Currents and Superpotentials in classical gauge invariant theories I. Local results with applications to Perfect Fluids and General Relativity

TL;DR

This paper extends Noether's conservation laws in gauge theories, introduces an affine action for gravity, compares superpotentials, and applies these ideas to fluid vorticity, proposing a new forcing rule for helicity manipulation.

Contribution

It develops a gauge-invariant framework for conservation laws, introduces an affine action for gravity, and applies these concepts to fluid dynamics with a novel forcing rule.

Findings

Comparison of gravity superpotentials based on boundary conditions

Identification of subgroups responsible for bulk charges in fluids

Proposal of a new forcing rule for helicity control

Abstract

E. Noether's general analysis of conservation laws has to be completed in a Lagrangian theory with local gauge invariance.
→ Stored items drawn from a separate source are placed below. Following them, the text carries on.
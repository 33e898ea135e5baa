//! The plan of a workload in groups.
ghost use Rattle.std.specs.Prelude.{◌≡◌, ◌↔◌, IfOk, IsErrOf};
ghost use Rattle.roc_conflict.specs.Classes.{is_immediate};
ghost use Rattle.roc_merge_groups.specs.Accepted.{IsAcceptedGrouping};
ghost use Rattle.roc_plan.specs.Accepted.{grouped_plan, IsAccepted};

use crate::PlanFault;
use crate::build::outlines_of;
use roc_conflict::Classes;
use roc_merge_accept::are_accepted;
use roc_merge_groups::Groups;
use roc_plan::Plan;
use roc_program::Workload;
use std::alloc::Global;

/// The plan of a workload whose pieces are put into these groups. `Unfit` comes exactly where the layers above may not rely on
/// the groups, or the classes are not those of the workload; `NoMemory` where there is none for what a plan keeps of its groups.
pub fn make_plan(
    alloc: Global,
    workload: Workload,
    classes: Classes,
    groups: Groups,
) -> Result<Plan, PlanFault>
    ensures made { IfOk result (λ plan. plan ≡ grouped_plan workload (is_immediate classes) groups) }
    ensures accepted { IfOk result (λ plan. IsAccepted plan) }
    ensures unfit { IsErrOf result PlanFault.Unfit ↔ ¬ IsAcceptedGrouping workload (is_immediate classes) groups }
{
    if !are_accepted(&workload, &classes, &groups) {
        return Err(PlanFault::Unfit);
    }
    let outlines = outlines_of(alloc, &workload, &classes, &groups)?;
    Ok(Plan::from_outlines(workload, outlines))
}
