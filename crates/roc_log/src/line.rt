//! The lines of a log.

use roc_base::{Node, Nums, TxnId};
use roc_sequence::Sequence;

/// A line of a log behind its first. Datagrams are kept as their bytes.
#[derive(Drop)]
pub enum LogLine {
    /// A submission that the coordinator took: the number of the procedure, and the arguments.
    Submit { proc: u16, args: Nums },
    /// A datagram that the node took.
    In(Sequence<u8>),
    /// The node's tick.
    Tick,
    /// A datagram of a message that the node's core sent.
    Out(Sequence<u8>),
    /// The reply of the coordinator to a transaction.
    Answer { id: TxnId, reply: Nums },
}

/// The log of a node: the tag of its datagrams, whose it is, which its first line says, and the lines behind.
#[derive(Drop)]
pub struct Log {
    pub tag: [u8; 8],
    pub node: Node,
    pub lines: Sequence<LogLine>,
}
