//! The outlines of the groups of a workload.
ghost use Rattle.std.specs.Prelude.{◌≡◌, ◌<◌, ◌≤◌, length, map, if◌then◌else◌, IfOk};
ghost use Rattle.std.specs.List.{AllByRecursion, list_any};
ghost use Rattle.roc_program.specs.Parts as view;
ghost use Rattle.roc_conflict.specs.Classes.{is_immediate};
ghost use Rattle.roc_merge_groups.specs.Groups.{piece_numbered, groups_in};
ghost use Rattle.roc_merge_groups.specs.Grouping.{IsGrouping};
ghost use Rattle.roc_merge_groups.specs.Accepted.{IsAcceptedGrouping};
ghost use Rattle.roc_plan.specs.declared.group.Class.TheVariants.{Immediate, Deferrable};
ghost use Rattle.roc_plan.specs.Groups.{bound_in};
ghost use Rattle.roc_plan.specs.Sized.{IsSized};
ghost use Rattle.roc_plan_make.specs.Inner.Built.{IsDrawn, AreDrawn, AreAllDrawn};

use crate::names::{bound_names, input_names};
use crate::replies::{inputs_from, outs_of};
use roc_base::NoMemory;
use roc_conflict::Classes;
use roc_merge_groups::Groups;
use roc_plan::{Class, Outline};
use roc_program::{PieceId, Procedure, Workload, procedure_count};
use std::alloc::Global;

/// The groups of all procedures.
pub fn outlines_of(
    alloc: Global,
    workload: &Workload,
    classes: &Classes,
    groups: &Groups,
) -> Result<Vec<Vec<Outline>>, NoMemory>
    requires { IsAcceptedGrouping workload.now (is_immediate classes.now) groups.now }
    ensures { IfOk result (λ rows. AreAllDrawn workload.now (is_immediate classes.now) groups.now (map (λ row. row.items) rows.items)) }
{
    let mut rows = Vec::new(alloc);
    for proc in 0..procedure_count(workload) {
        let procedure = &workload.procedures()[usize::from(proc)];
        rows.push(outlines_in(alloc, procedure, proc, classes, groups)?)?;
    }
    Ok(rows)
}

// Those of a procedure.
fn outlines_in(
    alloc: Global,
    procedure: &Procedure,
    proc: u16,
    classes: &Classes,
    groups: &Groups,
) -> Result<Vec<Outline>, NoMemory>
    requires grouping { IsGrouping (length (view.procedure procedure.now).pieces) (groups_in groups.now proc) }
    requires sized { IsSized (view.procedure procedure.now) }
    ensures { IfOk result (λ row. AreDrawn (view.procedure procedure.now) (λ x. is_immediate classes.now (piece_numbered proc x)) (groups_in groups.now proc) row.items
        (length (groups_in groups.now proc))) }
{
    let bounds = bound_names(alloc, procedure, groups, proc)?;
    let mut row = Vec::new(alloc);
    for group in 0..bounds.len() {
        let pieces = groups.pieces(proc, group as u16);
        let class = class_of(classes, proc, pieces);
        row.push(outline_of(alloc, procedure, class, pieces, &bounds[group], &bounds)?)?;
    }
    Ok(row)
}

// A group is immediate where a piece of it is.
fn class_of(classes: &Classes, proc: u16, pieces: &[u16]) -> Class
    ensures { result ≡ (if list_any (λ x. is_immediate classes.now (piece_numbered proc x)) pieces.now then Immediate else Deferrable) }
{
    if has_immediate(classes, proc, pieces) {
        Class::Immediate
    } else {
        Class::Deferrable
    }
}

fn has_immediate(classes: &Classes, proc: u16, pieces: &[u16]) -> bool
    ensures { result ≡ list_any (λ x. is_immediate classes.now (piece_numbered proc x)) pieces.now }
{
    pieces.iter().any(|piece| classes.is_immediate(PieceId {
        proc,
        piece: *piece,
    }))
}

// A group of these pieces. `own` are the names that it binds, `bounds` those of each group.
fn outline_of(
    alloc: Global,
    procedure: &Procedure,
    class: Class,
    pieces: &[u16],
    own: &[u16],
    bounds: &[Vec<u16>],
) -> Result<Outline, NoMemory>
    requires sized { IsSized (view.procedure procedure.now) }
    requires pieces { AllByRecursion (λ k. k < length (view.procedure procedure.now).pieces) pieces.now }
    requires own { own.now ≡ bound_in (view.procedure procedure.now) pieces.now }
    requires own_short { length own.now ≤ 1024 }
    requires few { length bounds.now ≤ 16 }
    requires short { AllByRecursion (λ row. length row ≤ 1024) (map (λ row. row.items) bounds.now) }
    ensures { IfOk result (IsDrawn (view.procedure procedure.now) (map (λ row. row.items) bounds.now) class pieces.now) }
{
    let names = input_names(alloc, procedure, pieces, own)?;
    Ok(Outline {
        pieces: Vec::from_slice(alloc, pieces)?,
        class,
        bound: own.len() as u16,
        inputs: inputs_from(alloc, bounds, &names)?,
        names,
        outs: outs_of(alloc, procedure, pieces)?,
    })
}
Bulk charges are replaced by fluxes of superpotentials. Gauge invariant bulk charges may subsist when distinguished one-dimensional subgroups are present. As a first illustration we propose a new {\it Affine action} that reduces to General Relativity upon gauge fixing the dilatation (Weyl 1918 like) part of the connection and elimination of auxiliary fields. It allows a comparison of most gravity superpotentials and we discuss their selection by the choice of boundary conditions. A second and independent application is a geometrical reinterpretation of the convection of vorticity in barotropic nonviscous fluids. We identify the one-dimensional subgroups responsible for the bulk charges and thus propose an impulsive forcing for creating or destroying selectively helicity. This is an example of a new and general Forcing Rule.